『イスラーム思想を読みとく』

松山洋平 ちくま新書

ときおり、イスラム教(イスラーム)についての入門書を手に取ったりするのですが、途中で投げ出してしまいます。
一日五回拝むとか、豚を食べたらだめだとか、マホメット(ムハンマド)はずいぶん年上の奥さんをもらったとか、知って得する知識が書いてあります。
だけど、なんか違うんだよなあ。

今を生きるムスリム(イスラーム教徒)は、いったい何を考えているのか?
どういう歴史的な経緯でそのように考えるようになったのか?
こういうことが知りたかったんだなあ、とこの本を読んで事後的に思いました。

お酒がやめられないからムスリムにはなれない?
そんなことはありません、と松山さんはいいます。

多くの日本人は、宗教に対して、心のなかで『信じるか/信じないか」という態度で向き合うもの──つまり、「信条の体系」──としてではなく、何らかの効能を求め、術として実践するもの──つまり「術の体系」──として接してはいないでしょうか。

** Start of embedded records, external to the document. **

ghost use Rattle.std.specs.Prelude.{◌≡◌, ◌++◌, ◌||◌, OnOk, codes, bytes_eq, flat_map, option_map};
ghost use Rattle.tk_types.specs.declared.value.Pair.{Pair as PairRecord};
ghost use Rattle.tk_graph.specs.Results.{result_tasks, text_tasks};
ghost use Rattle.tk_graph.specs.Tasks.{entry_tasks, first_name, guard_tasks, matrix_tasks, param_tasks, part_task, piece_tasks, task_behind, value_tasks};

use std::alloc::{AllocError, Global};
use tk_types::{List, Matrix, Pair, Param, Text, Value, When};
use tk_vars::laws::one_bad_offset;
use tk_vars::{Part, Piece, ScanError, names_no_task, scan};

/// Whether a reference with this head may be to a task's result.
fn is_task_head(head: &str) -> bool
    ensures { result ≡ (bytes_eq head.now (codes "tasks") || bytes_eq head.now (codes "finally")) }
{
    head == "tasks" || head == "finally"
}

/// The name that parts begin with, and what follows it.
fn named<'p, 't>(parts: &'p [Part<'t>]) -> Option<(&'t str, &'p [Part<'t>])>
    ensures { option_map (λ f. (f.0.now, f.1.now)) result ≡ first_name parts.now }
{
    match parts {
        [first, rest @ ..] => match first {
            Part::Name(name) => Some((name.as_str(), rest)),
            _ => None,
        },
        [] => None,
    }
}

/// The task that stands behind the head of a reference to a task's result.
fn task_in<'t>(parts: &[Part<'t>]) -> Option<&'t str>
    ensures { option_map (λ name. name.now) result ≡ task_behind parts.now }
{
    let Some((task, behind)) = named(parts) else {
        return None;
    };
    let Some((field, rest)) = named(behind) else {
        return None;
    };
    if field == "results" && !rest.is_empty() {
        Some(task)
    } else {
        None
    }
}

/// The task of whose results a reference with these parts names one, if it does (Tekton, Pipelines, Passing one
/// Task's Results into the Parameters or when expressions of another).
#[tactic(auto, unfolding(crate::specs::Tasks::part_task))]
pub fn task_of<'t>(parts: &[Part<'t>]) -> Option<&'t str>
    ensures { option_map (λ name. name.now) result ≡ part_task parts.now }
{
    let Some((head, rest)) = named(parts) else {
        return None;
    };
    if is_task_head(head) {
        task_in(rest)
    } else {
        None
    }
}

/// Adds the task of whose results a piece names one.
fn add_of_piece(alloc: Global, piece: &Piece<'_>, names: &mut List<Text>) -> Result<(), AllocError>
    ensures { OnOk result (names.new ≡ names.old ++ piece_tasks piece.now) }
{
    let Piece::Ref(reference) = piece else {
        return Ok(());
    };
    match task_of(reference.parts.as_slice()) {
        Some(task) => names.push(Text::from_str(alloc, task)?),
        None => Ok(()),
    }
}

/// Adds the tasks of whose results some pieces name one.
fn add_of_pieces(
    alloc: Global,
    pieces: &[Piece<'_>],
    names: &mut List<Text>,
) -> Result<(), AllocError>
    ensures { OnOk result (names.new ≡ names.old ++ flat_map piece_tasks pieces.now) }
{
    for piece in pieces {
        add_of_piece(alloc, piece, names)?;
    }
    Ok(())
}

/// Adds the tasks to whose results a text refers; one without a reading refers to none.
pub(crate) fn add_of_text(
    alloc: Global,
    text: &str,
    names: &mut List<Text>,
) -> Result<(), AllocError>
    ensures { OnOk result (names.new ≡ names.old ++ text_tasks text.now) }
{
    if names_no_task(text) {
        return Ok(());
    }
    one_bad_offset();
    match scan(alloc, text) {
        Ok(pieces) => add_of_pieces(alloc, pieces.as_slice(), names),
        Err(ScanError::BadReference { .. }) => Ok(()),
        Err(ScanError::Memory) => Err(AllocError),
    }
}

/// Adds the tasks to whose results some texts refer.
fn add_of_texts(alloc: Global, texts: &[Text], names: &mut List<Text>) -> Result<(), AllocError>
    ensures { OnOk result (names.new ≡ names.old ++ result_tasks texts.now) }
{
    for text in texts {
        add_of_text(alloc, text.as_str(), names)?;
    }
    Ok(())
}

/// Adds the tasks to whose results the texts of pairs refer.
fn add_of_pairs(alloc: Global, pairs: &[Pair], names: &mut List<Text>) -> Result<(), AllocError>
    ensures { OnOk result (names.new ≡ names.old ++ flat_map (λ (p : PairRecord). text_tasks p.value) pairs.now) }
{
    for pair in pairs {
        add_of_text(alloc, pair.value.as_str(), names)?;
    }
    Ok(())
}

/// Adds the tasks to whose results a value refers.
fn add_of_value(alloc: Global, value: &Value, names: &mut List<Text>) -> Result<(), AllocError>
    ensures { OnOk result (names.new ≡ names.old ++ value_tasks value.now) }
{
    match value {
        Value::Str(text) => add_of_text(alloc, text.as_str(), names),
        Value::Arr(texts) => add_of_texts(alloc, texts.as_slice(), names),
        Value::Obj(pairs) => add_of_pairs(alloc, pairs.as_slice(), names),
    }
}

/// Adds the tasks to whose results parameters refer.
pub(crate) fn add_of_params(
    alloc: Global,
    params: &[Param],
    names: &mut List<Text>,
) -> Result<(), AllocError>
    ensures { OnOk result (names.new ≡ names.old ++ flat_map param_tasks params.now) }
{
    for param in params {
        add_of_value(alloc, &param.value, names)?;
    }
    Ok(())
}

/// Adds the tasks to whose results the include entries of a matrix refer.
fn add_of_entries(
    alloc: Global,
    entries: &[List<Param>],
    names: &mut List<Text>,
) -> Result<(), AllocError>
    ensures { OnOk result (names.new ≡ names.old ++ flat_map entry_tasks entries.now) }
{
    for entry in entries {
        add_of_params(alloc, entry.as_slice(), names)?;
    }
    Ok(())
}

/// Adds the tasks to whose results a matrix refers, where there is one.
pub(crate) fn add_of_matrix(
    alloc: Global,
    matrix: &Option<Matrix>,
    names: &mut List<Text>,
) -> Result<(), AllocError>
    ensures { OnOk result (names.new ≡ names.old ++ matrix_tasks matrix.now) }
{
    match matrix {
        None => Ok(()),
        Some(matrix) => {
            add_of_params(alloc, matrix.params.as_slice(), names)?;
            add_of_entries(alloc, matrix.include.as_slice(), names)
        }
    }
}

/// Adds the tasks to whose results `when` expressions refer.
pub(crate) fn add_of_guards(
    alloc: Global,
    guards: &[When],
    names: &mut List<Text>,
) -> Result<(), AllocError>
    ensures { OnOk result (names.new ≡ names.old ++ flat_map guard_tasks guards.now) }
{
    for guard in guards {
        add_of_text(alloc, guard.input.as_str(), names)?;
        add_of_texts(alloc, guard.values.as_slice(), names)?;
    }
    Ok(())
}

私たちは「ある宗教の信者とは、その宗教の規範を実践している者のことである」と考えがちです。
しかし、イスラームは「心における真実の承認」、つまり心のなかで信じる、ということが第一に来ます。
規範を破ったからといって、ムスリムでなくなることはありません。
たとえ、罪を犯してもその人の信仰は消えないのです。

では、テロリストはどうでしょう。
彼らの行為はイスラームでは正当化されないとしても、彼らがムスリムかどうかということとは別の問題であり、やはり分けて考えなくてはいけないのだ、といいます。

イスラームは、クルアーン(コーラン)やハディース(ムハンマドの言行)に記載されている以外の規範は「解釈」により導き出されます。
その解釈の方法が思想、学問となっていきました。
解釈をするのは「ウラマー」と呼ばれる、イスラームの知識を持った学者たち。

ところで、イスラームにはキリスト教などと違って権威(例えば教会)により誰かを「異端」だと決めつけるシステムがありません。
「ウラマー」たちはもちろん発言力を有していますが、それも絶対的なものではありません。
前後で矛盾した解釈になっても、どちらが正しいとか誤りとか判断する機関がないのです。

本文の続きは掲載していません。